Because of the explosion in the amount of available sequencing data it is interesting to examine substitution dynamics that may be present in population- and individual-level sequencing data. For population-level analysis we identified variants in the PFS region from >350,000 complete genome sequences available from GISAID (see Methods). However, because GISAID contains only assembled genomes, this data does not provide information about individual-level (intrasample) variation. For this we performed a detailed analysis of >55,000 samples generated with COG-UK (Lythgoe et al. 2021) consortium (see (Maier et al. 2021) for analysis details). A summary of results from both analyses is shown in Table 1. There is little variation in the FSE region as the fraction of samples containing individual substitutions appears to be small (the two “Count” columns in Table 1). In addition, the vast majority of substitutions (30 out of 36) may be an artifact of RNA editing events from APOBEC (Chen and MacCarthy 2017) or ADAR (Bazak et al. 2014) enzymatic complexes. The remaining six substitutions (all transitions) are predominantly located in the loop regions of the predicted FSE secondary structure (Huston et al. 2021) and thus likely have no effect on the secondary structure.

Table 1. Allelic variants within the FSE region called from complete genomes (Population) and COG-UK (Individual) data. * = potential APOBEC-edited sites; + = potential ADAR-edited sites. Site numbering is in 0-based coordinates; † = out of 355,568 complete genomes; ‡ = out of 55,163 individual samples. Location of substitutions in a stem (s) or a loop (L) are based on structures predicted by Huston et al. 2021 (Fig. 2A; Note in Huston et al. figure positions are 1-based).
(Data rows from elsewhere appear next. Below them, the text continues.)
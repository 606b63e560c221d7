//! Ranges that have offsets, in order.

ghost use Rattle.std.specs.Prelude.{◌≡◌, ◌∷◌, ◌++◌, map, IfOk, OnOk};
ghost use Rattle.std.specs.List.{flat_map};
ghost use Rattle.std.specs.List.Sorted.{IsPermutation, IsSorted};
ghost use Rattle.piece_checks.specs.Parts.{all_parts, part_cmp, part_of_dead, parts_of_done};
ghost use Rattle.piece_checks.specs.Parts.{parts_of_piece, parts_of_range};

use beam_values::{Dead, Done, NoMemory, Piece, Range};
use std::alloc::Global;
use std::cmp::Ordering;

/// A range of an item that has an offset: from its first to its last one.
#[derive(Clone, Copy, Debug)]
pub struct Part {
    pub node: u32,
    pub item: u32,
    pub first: u64,
    pub last: u64,
}

/// The ranges and positions that have offsets, by node, item and first offset.
pub fn parts_in_order(
    alloc: Global,
    pending: &[Piece],
    done: &[Done],
    dead: &[Dead],
) -> Result<Vec<Part>, NoMemory>
    ensures all { IfOk result
        (λ parts. IsPermutation (all_parts pending.now done.now dead.now) parts.items) }
    ensures sorted { IfOk result (λ parts. IsSorted part_cmp parts.items) }
{
    let mut parts = Vec::new(alloc);
    push_pending(&mut parts, pending)?;
    push_done(&mut parts, done)?;
    push_dead(&mut parts, dead)?;
    parts.sort_unstable_by(|a, b| cmp_parts(a, b));
    Ok(parts)
}

fn push_pending(parts: &mut Vec<Part>, pending: &[Piece]) -> Result<(), NoMemory>
    ensures { OnOk result (parts.new.items ≡ parts.old.items ++ flat_map parts_of_piece pending.now) }
{
    for piece in pending {
        push_range(parts, piece.node, piece.item, piece.range)?;
    }
    Ok(())
}

fn push_done(parts: &mut Vec<Part>, done: &[Done]) -> Result<(), NoMemory>
    ensures { OnOk result (parts.new.items ≡ parts.old.items ++ flat_map parts_of_done done.now) }
{
    for d in done {
        push_range(parts, d.node, d.item, d.range)?;
    }
    Ok(())
}

fn push_dead(parts: &mut Vec<Part>, dead: &[Dead]) -> Result<(), NoMemory>
    ensures { OnOk result (parts.new.items ≡ parts.old.items ++ map part_of_dead dead.now) }
{
    for d in dead {
        parts.push(Part {
            node: d.node,
            item: d.item,
            first: d.at,
            last: d.at,
        })?;
    }
    Ok(())
}

/// An empty range has no offset, and is left out.
fn push_range(parts: &mut Vec<Part>, node: u32, item: u32, range: Range) -> Result<(), NoMemory>
    ensures { OnOk result (parts.new.items ≡ parts.old.items ++ parts_of_range node item range) }
{
    if range.from() < range.to() {
        parts.push(Part {
            node,
            item,
            first: range.from(),
            last: range.to() - 1,
        })?;
    }
    Ok(())
}

/// The order in which parts fill items.
fn cmp_parts(a: &Part, b: &Part) -> Ordering
    ensures { result ≡ part_cmp a.now b.now }
{
    let by_node = a.node.cmp(&b.node);
    let by_item = a.item.cmp(&b.item);
    let by_first = a.first.cmp(&b.first);
    by_node.then(by_item.then(by_first))
}
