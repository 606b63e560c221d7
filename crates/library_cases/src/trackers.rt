use crate::steps::Called;
use beam_values::Range;
use case_files::Case;
use offset_tracker::Tracker;

/// The tracker of a range, and the `;` after it.
pub fn read_tracker(case: &mut Case<'_>) -> Tracker {
    let range = case.range();
    case.mark(b';');
    Tracker::new(range)
}

impl Called for Tracker {
    fn call(&mut self, name: &str, case: &mut Case<'_>) {
        match name {
            "claim" => claim(self, case),
            "split" => split(self, case),
            "checkpoint" => say_residual(self.checkpoint(), case),
            "may" => {
                let position = case.number();
                case.say_bool(self.may_claim(position));
            }
            "done" => case.say_bool(self.check_done()),
            "range" => case.say_range(self.range()),
            "attempted" => case.say_some(self.attempted()),
            _ => case.fail("a tracker has no such call"),
        }
    }
}

fn claim(tracker: &mut Tracker, case: &mut Case<'_>) {
    let position = case.number();
    if tracker.may_claim(position) {
        let is_claimed = tracker.try_claim(position);
        case.say_bool(is_claimed);
    } else {
        case.fail("the position may not be claimed");
    }
}

// A split `NUM/DEN`.
fn split(tracker: &mut Tracker, case: &mut Case<'_>) {
    let num = case.number::<u64>();
    case.mark(b'/');
    let den = case.number::<u64>();
    if num <= den && 1 <= den && den <= 1_000_000 {
        let residual = tracker.try_split(num, den);
        say_residual(residual, case);
    } else {
        case.fail("there is no such split");
    }
}

fn say_residual(residual: Option<Range>, case: &mut Case<'_>) {
    match residual {
        Some(range) => case.say_range(range),
        None => case.say("none"),
    }
}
Coronavirus entries retrieval and filter

The 35,152 coronaviral entries in the NCBI taxonomy database were sorted by length, and only those larger than 14,945 nt were kept, leaving a total of 4,939 genomes. The slippery site and following overlap sequences were manually inspected, in case that the slippery site was incorrectly annotated. We further filtered out those entries if they contain no annotation information, or have gapped sequences in the overlap. By applying these filters, we finally had 4,904 coronavirus entries (Table S1), of which the overlap could be unambiguously determined.

Amino acid alignment and nucleotide alignment of the overlap region

For all δ-coronavirus entries in Table S1, the first 13 amino acids of ORF1b were taken to generate a consensus sequence using WebLogo (Crooks et al. 2004). The same was done to Alphacoronavirus and γ-coronavirus. Within β-coronavirus, for Nobecovirus, Embecovirus, and Merbecovirus, the first 14 amino acids were used to build the consensus; for Hibecovirus and Sarbecovirus, the first 13 amino acids were used. In terms of the nucleotide sequence alignments, for each genus/subgenus, the nucleotide sequences used to generate the amino acids mentioned above were taken to make the nucleotide consensus sequence using WebLogo.

Processing of GISAID data

Each genome was subjected to codon‐aware alignment with the NCBI reference genome (accession number NC_045512) and then subdivided into ten regions based on CDS features: ORF1a (including nsp10), ORF1b (starting with nsp12), S, ORF3a, E, M, ORF6, ORF7a, ORF8, N, and ORF10. For each region, we scanned and discarded sequences containing too many ambiguous nucleotides to remove data with too many sequencing errors. Thresholds were 0.5% for the S gene, 0.1% for ORF1a and ORF1b genes, and 1% for all other genes. We mapped individual sequences to the NCBI reference genome (NC_045512) using a codon‐aware extension to the Smith‐Waterman algorithm implemented in HyPhy (Pond et al. 2005; Gianella et al. 2011) translated mapped sequence to amino‐acids, and performed multiple protein sequence alignment with the auto settings function of MAFFT (version 7.453) (Katoh and Standley 2013). Codon sequences were next mapped onto the amino‐acid alignment. Variants were called directly.


The authors are grateful to Sergei Kosakovsky Pond for providing variant data from GISAID sequences. This work is funded by NIH Grants U41 HG006620 and NSF ABI Grant 1661497. The funders had no role in study design, data collection and analysis, decision to publish, or preparation of the manuscript.